On April 8th, Hope Through Health hosted our first annual all staff retreat in Kara, Togo. Nearly our entire team was present, over 100 people coming from nine different cites and towns in northern Togo. This was the first time, since Hope Through Health launched a Maternal and Child Health expansion earlier this year, that all staff members had been in one location. The sheer magnitude of the entire team coming together was moving and motivating to many people. “When we were walking from the conference room to the dining hall I looked around me and was shocked,” HTH’s Chief Partnerships Officer Andrew Lopez laughs. “I didn’t realize how huge we have become. I asked myself, what have we started?!”
The goal of the retreat, designed with the help of the amazing Perry Dougherty at Still Harbor, was to introduce steps to strengthen the work environment within our organization. The first activity of the day involved working in small groups to list motivating and demotivating factors in our work. Many of the demotivating factors were the same across groups: the death of patients, seemingly insurmountable stress, not being appreciated by their supervisor, etc. The motivating factors were also common. “I am motivated when I see babies born HIV negative from our prevention program,” a pharmacist said. The room nodded and murmured in agreement. A community health worker shared that she was motivated not only by seeing an improvement in the health of her community, but by realizing that her work is a form of self-improvement as well. “Before, I was just a housewife.
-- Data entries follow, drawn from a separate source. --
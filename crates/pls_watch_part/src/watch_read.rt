//! A watch part that is read once: what its lines say is kept while it is passed.

ghost use Rattle.std.specs.Prelude.{◌≡◌, ◌+◌, ◌<◌, ◌^◌, List, length, IfErr, IfOk};
ghost use Rattle.pls_closing.specs.Closing.{AreFew};
ghost use Rattle.pls_watch_part.specs.WatchText.{IsWatchRefusal, TellsWatch, looks_of};
ghost use Rattle.pls_watch_part.specs.declared.watch_event.WatchLine.{WatchLine};

use crate::watch_event::WatchLine;
use crate::watch_text::WatchText;
use crate::watch_words::{WatchWord, WatchWords};
use pls_closing::ClosingTally;
use pls_lines::{Lines, Part, ReadOnce, keep_list};
use pls_streams::TextError;
use std::alloc::Global;
use std::marker::Model;

/// The text of a watch part, and its events and looks where they were kept while it was passed.
/// Seen as its text.
#[derive(Drop)]
pub struct ReadWatch<'a> {
    text: WatchText<'a>,
    list: Option<Vec<WatchLine>>,
}

impl<'a> Model for ReadWatch<'a> {
    ghost use Rattle.std.specs.Prelude.{IfSome};
    ghost use Rattle.pls_watch_part.specs.WatchText.{TellsWatch, WrittenWatch};

    ghost Value = { WrittenWatch };

    ghost view = { λ part. part.text };

    ghost invariant = { λ part. IfSome part.list (λ list. TellsWatch part.text.text list.items) };
}

impl<'a> Part<'a> for ReadWatch<'a> {
    ghost use Rattle.pls_watch_part.specs.WatchText.{IsWatchPart, PassesWatch};
    ghost use Rattle.pls_watch_part.specs.laws.WatchLaws.{watch_some_part};

    ghost Format = { IsWatchPart };

    ghost Passed = { PassesWatch };

    ghost part_law = { watch_some_part };

    fn pass(lines: &mut Lines<'a>) -> Result<Self, TextError> {
        let text = WatchText::pass(lines)?;
        Ok(ReadWatch { text, list: None })
    }
}

impl<'a> ReadOnce<'a> for ReadWatch<'a> {
    fn keep(alloc: Global, lines: &mut Lines<'a>) -> Result<Self, TextError> {
        match keep_list::<'a, ClosingTally<WatchWord, WatchWords<'a>>>(alloc, lines) {
            Some((part, list)) => Ok(ReadWatch {
                text: WatchText { part },
                list: Some(list),
            }),
            None => Self::pass(lines),
        }
    }
}

impl<'a> ReadWatch<'a> {
    /// How many bits the labels have together that the lines give, and `u64::MAX` at the most.
    pub fn bits(&self) -> u64
        ensures { result ≡ self.now.bits }
    {
        self.text.bits()
    }

    /// How many lines stand between heading and `end`, and `u64::MAX` at the most.
    pub fn events(&self) -> u64
        ensures { result ≡ self.now.events }
    {
        self.text.events()
    }

    /// How many of them ask for a look, and `u64::MAX` at the most.
    pub fn looks(&self) -> u64
        ensures { result ≡ self.now.looks }
    {
        self.text.looks()
    }

    /// The number of the line at a place, or of `end` at the place behind the last one.
    pub fn number_of(&self, place: usize) -> u64
        requires { place + 1 < 2 ^ 63 }
        ensures { result ≡ self.now.number + 1 + place }
    {
        self.text.number_of(place)
    }

    /// The events and looks, with the refusals of [`WatchText::list`]. The text is read again only
    /// where they were not kept.
    #[tactic(auto, using(crate::proofs::Told::one_told))]
    pub fn into_list(self, alloc: Global) -> Result<Vec<WatchLine>, TextError>
        ensures ok { (lines : List WatchLine) → TellsWatch self.entry.text lines
            → IfOk result (λ list. list.items ≡ lines) }
        ensures few { IfOk result (λ list. AreFew (length list.items)
            (length (looks_of list.items))) }
        ensures refused { (lines : List WatchLine) → TellsWatch self.entry.text lines
            → IfErr result (λ error. IsWatchRefusal lines error) }
    {
        let ReadWatch { text, list } = self;
        text.check()?;
        match list {
            Some(list) => Ok(list),
            None => text.list(alloc),
        }
    }
}
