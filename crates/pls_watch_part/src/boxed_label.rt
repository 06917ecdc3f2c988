//! A label that stands elsewhere.

ghost use Rattle.std.specs.Prelude.{◌≡◌, IfOk};

use pls_bits::BitBuf;
use pls_streams::NoMemory;
use std::alloc::Global;
use std::marker::Model;

/// A label in a place of its own, so that a line of a watch is small, of which most give no label.
/// Seen as its bits.
#[derive(Drop)]
pub struct BoxedLabel {
    label: Box<BitBuf>,
}

impl Model for BoxedLabel {
    ghost use Rattle.std.specs.Prelude.{Bool, List};

    ghost Value = { List Bool };

    ghost view = { λ boxed. boxed.label.value };
}

impl BoxedLabel {
    /// These bits. The one error is want of memory.
    pub fn new(alloc: Global, bits: BitBuf) -> Result<BoxedLabel, NoMemory>
        ensures { IfOk result (λ boxed. boxed ≡ bits) }
    {
        let label = Box::new(alloc, bits)?;
        Ok(BoxedLabel { label })
    }

    /// The bits.
    pub fn bits(&self) -> &BitBuf
        ensures { result.now ≡ self.now }
    {
        &*self.label
    }
}
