ghost use Rattle.std.specs.Prelude.{◌≡◌, ◌≢◌, ◌↔◌, ◌-ℤ◌, ◌≤ℤ◌, ◌++◌, ℕ, ℤ, List, All, Contains};
ghost use Rattle.stn_net.specs.{Difference.Difference, Horizon.horizon_bounds, Schedule.{IsSchedule, HasSchedule}, Windows.Window.IsInWindow};
ghost use Rattle.stn_lift.specs.PlanSource.{PlanSource, events_of, IsSoundSource};
ghost use Rattle.stn_conflict.specs.{declared.links.Link.Link, Arcs.IsNegativeCycle};
ghost use Rattle.stn_loosen.specs.{Slack.{Slack, IsSlack}, Loosened.{orders_of, bounds_with, loose_durations, AreLoosened, AreFewLoosened, AreTooMany}, Promise.Promises, Moved.moved_bounds, Fragile.start_bounds, Robust.{loose_bounds, HasPromise, AreRobust}};
ghost use Rattle.stn_laws.specs.Executions.{Execution, executed_bounds, IsExecution};

/// The law that a plan and a tolerance have one loosened plan.
pub fn one_loosened_plan()
    ensures { (source : PlanSource) → (slack : Slack) → (one other : List Difference)
        → AreLoosened source slack one → AreLoosened source slack other → one ≡ other }
{}

/// The law that where the records of the loosened plan are too many, no list of them is short enough.
pub fn too_many_are_not_few()
    ensures { (source : PlanSource) → (slack : Slack) → AreTooMany source slack → (records : List Difference) → ¬ AreFewLoosened source slack records }
{}

/// The law that a plan and a tolerance have one robust plan.
pub fn one_robust_plan()
    ensures { (source : PlanSource) → (slack : Slack) → (one other : List Difference)
        → AreRobust source slack one → AreRobust source slack other → one ≡ other }
{}

/// The law that times are a promise of a loosened plan if and only if they are a schedule of its bounds on starts: of its orders and its
/// horizon, moved to the starts of its steps.
pub fn promises_are_schedules_of_starts()
    ensures { (source : PlanSource) → (slack : Slack) → IsSoundSource source → IsSlack slack → (promised : ℕ → ℤ)
        → (Promises (loose_durations slack source) (loose_bounds source slack) promised
        ↔ IsSchedule (moved_bounds (loose_durations slack source) (orders_of source ++ horizon_bounds (events_of source))) promised) }
{}

/// The law of what is told of a plan that is not robust: where links of the bounds on starts are a closed chain with a negative sum, there
/// is no promise.
pub fn fragile_plans_have_no_promise()
    ensures { (source : PlanSource) → (slack : Slack) → (links : List Link) → IsSoundSource source → IsSlack slack
        → IsNegativeCycle (start_bounds source slack) links → ¬ HasPromise source slack }
{}

/// The law of the robust plan: it has a schedule if and only if the loosened plan has a promise; each of its schedules is a promise of
/// the robust plan itself, and a schedule of the loosened plan.
pub fn robust_plans_promise()
    ensures possible { (source : PlanSource) → (slack : Slack) → (records : List Difference) → IsSoundSource source → IsSlack slack
        → AreRobust source slack records → (HasPromise source slack ↔ HasSchedule (bounds_with source records)) }
    ensures promised { (source : PlanSource) → (slack : Slack) → (records : List Difference) → IsSoundSource source → IsSlack slack
        → AreRobust source slack records → (time : ℕ → ℤ) → IsSchedule (bounds_with source records) time
        → Promises (loose_durations slack source) (bounds_with source records) time }
    ensures loosened { (source : PlanSource) → (slack : Slack) → (records : List Difference) → IsSoundSource source → IsSlack slack
        → AreRobust source slack records → (time : ℕ → ℤ) → IsSchedule (bounds_with source records) time
        → IsSchedule (loose_bounds source slack) time }
{}

/// The law that a run of a robust plan always has a schedule, whatever the durations: no such run ends in a conflict.
pub fn robust_runs_complete()
    ensures { (source : PlanSource) → (slack : Slack) → (records : List Difference) → (run : List Execution) → IsSoundSource source → IsSlack slack
        → AreRobust source slack records → HasPromise source slack → IsExecution (loose_durations slack source) (bounds_with source records) run
        → HasSchedule (bounds_with source records ++ executed_bounds run) }
{}

/// The law that in a run of a robust plan the window of the end of a step that was started is its duration: the end comes no earlier than
/// its shortest and no later than its longest duration after the start, and may come at each time between.
pub fn ends_have_their_durations()
    ensures { (source : PlanSource) → (slack : Slack) → (records : List Difference) → (run : List Execution) → IsSoundSource source → IsSlack slack
        → AreRobust source slack records → HasPromise source slack → IsExecution (loose_durations slack source) (bounds_with source records) run
        → (duration : Difference) → Contains (loose_durations slack source) duration
        → (start : ℤ) → Contains run (record { event = duration.from; time = start })
        → All (λ execution. execution.event ≢ duration.to) run
        → (time : ℤ) → (IsInWindow (bounds_with source records ++ executed_bounds run) duration.to time
        ↔ ((duration.lo ≤ℤ (time -ℤ start)) × ((time -ℤ start) ≤ℤ duration.hi))) }
{}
Now I read and write everyday. I have become a young woman again!”
In the afternoon HTH introduced our five organizational values: efficacy, empowerment, transparency, respect and commitment. A few hours were spent working through the definitions of the values and sharing examples of how they are already being practiced within our organization. Staff performed short sketches of real life examples of our values in action: respect – a supervisor who listened and considered everyone’s opinion in a staff meeting; commitment – a community health worker who coaxed a woman in labor out of her house and walked with her to the health center to deliver; empowerment – a staff member who took the initiative to travel 2 hours to a neighboring city in search of blood for a hospitalized patient.
The last session of the retreat introduced HTH’s new and improved organizational chart and meeting schedule. The new system (based on the Scrum Model) creates groups of staff with team leaders who have planning and check-in meetings throughout the week. The goal is to decentralize decision-making power, enable greater dialogue, and allow staff members at every level to acknowledge and celebrate the role they play in furthering the organization’s mission.
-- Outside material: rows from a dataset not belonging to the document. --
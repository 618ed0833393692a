ghost use Rattle.std.specs.{Prelude.{◌≡◌, ◌⊎◌, ◌<◌, ◌^◌, ℕ, List, Some, Result, Err, IsErrAnd}, List.AllByRecursion};
ghost use Rattle.stn_effects.specs.Effects.{EndAlike};
ghost use Rattle.stn_line.specs.declared.words.Line.{Line};
ghost use Rattle.stn_asked.specs.{Words.word_refused, declared.words.RefusedWord.RefusedWord};
ghost use Rattle.stn_logs.specs.Commands.{DoesLine};
ghost use Rattle.stn_refusal.specs.declared.failure.Failure.{Failure};
ghost use Rattle.stn_store.specs.{Log.{Log, IsLog}, Steps.Entries, Store.{Entry, IsLack}, declared.log.fault.LoadFault.LoadFault};

use crate::loosened::{one_robust_plan, too_many_are_not_few};
use crate::queries::one_said;
use std::alloc::Allocator;
use stn_guard::one_guard;
use stn_store::Store;

/// The law that bytes have one meaning as a log.
pub fn one_log()
    ensures { (input : List ℕ) (one other : Result Log LoadFault) → IsLog input one → IsLog input other → one ≡ other }
{}

/// The law that no bytes are without a meaning as a log: it cannot be that none is theirs.
pub fn some_log()
    ensures { (input : List ℕ) → AllByRecursion (λ byte. byte < 2 ^ 8) input → ¬ ((meaning : Result Log LoadFault) → ¬ IsLog input meaning) }
{}

/// The law that a command that gives no answer saves nothing.
#[tactic(auto, using(crate::proofs::logs::Unsaved::line_keeps))]
pub fn no_answer_nothing_saved<S: Store<A>, A: Allocator + Copy>()
    ensures { (line : Line) (old new : Entries) (failure : Failure) → DoesLine S.fails line old new (Err failure) → new ≡ old }
{}

/// The law that a command that a word refuses saves nothing, and ends with its refusal, or for a lack.
pub fn told_word_refuses<S: Store<A>, A: Allocator + Copy>()
    ensures { (line : Line) (refused : RefusedWord) (old new : Entries) (ended : Result (List ℕ) Failure) → word_refused line ≡ Some refused
        → DoesLine S.fails line old new ended → (new ≡ old) × IsErrAnd ended (λ failure. (failure ≡ refused.failure) ⊎ IsLack S.fails failure) }
{}

/// The law that a command has one ending, but for lacks, in a store of which all entries are known: it is answered, or one cause
/// refuses it.
pub fn one_ending<S: Store<A>, A: Allocator + Copy>()
    ensures { (entries : List Entry) (line : Line) (one other : Entries) (ended last : Result (List ℕ) Failure)
        → DoesLine S.fails line (Some entries) one ended → DoesLine S.fails line (Some entries) other last → EndAlike S.fails ended last }
{
    one_log();
    one_guard();
    one_said();
    one_robust_plan();
    too_many_are_not_few();
}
Over the past few weeks following the retreat, HTH staff members have been working hard to put into practice what we learned at the retreat. Posters with the values and definitions have been hung in each office. Quality Improvement and other action plans have been updated and circulated. All of the scheduled team meetings are being achieved and well attended.
This past Friday afternoon, we began to see the fruits of our labor. Each individual team debriefed the week together. For example, Gloria Kloukpo, one of HTH’s physician’s assistants and the clinical team leader went through each task and led a congratulatory song and clap for every item accomplished during the week. The team gave each other feedback on tasks not yet completed and connected over jobs that required multiple team members to work together.
The last half hour of the week, everyone came together for an all staff meeting led by Christophe Gbeleou, HTH’s Country Director. Christophe called on each team leader and asked them to share 2 or 3 tasks they had accomplished during the week and what values were practiced in the completion of these tasks. At the end of every presentation, the staff performed a special handclap to congratulate the group. People were engaged, listening to each other and smiling. The all staff meeting was a positive, efficient culmination to a week of work well done.
Obviously changing organizational and workplace culture cannot happen in one week, but it does start with one big step, which HTH has achieved. There is more dialogue between team members and across teams, staff members are working efficiently and focusing on their successes, and the five values are being spoken in the hallways and are becoming part of our organizational lexicon. We look forward to building on this positive energy to continue eliminating demotivating work factors and increasing motivating work factors to ultimately have a greater impact in the neglected communities we serve.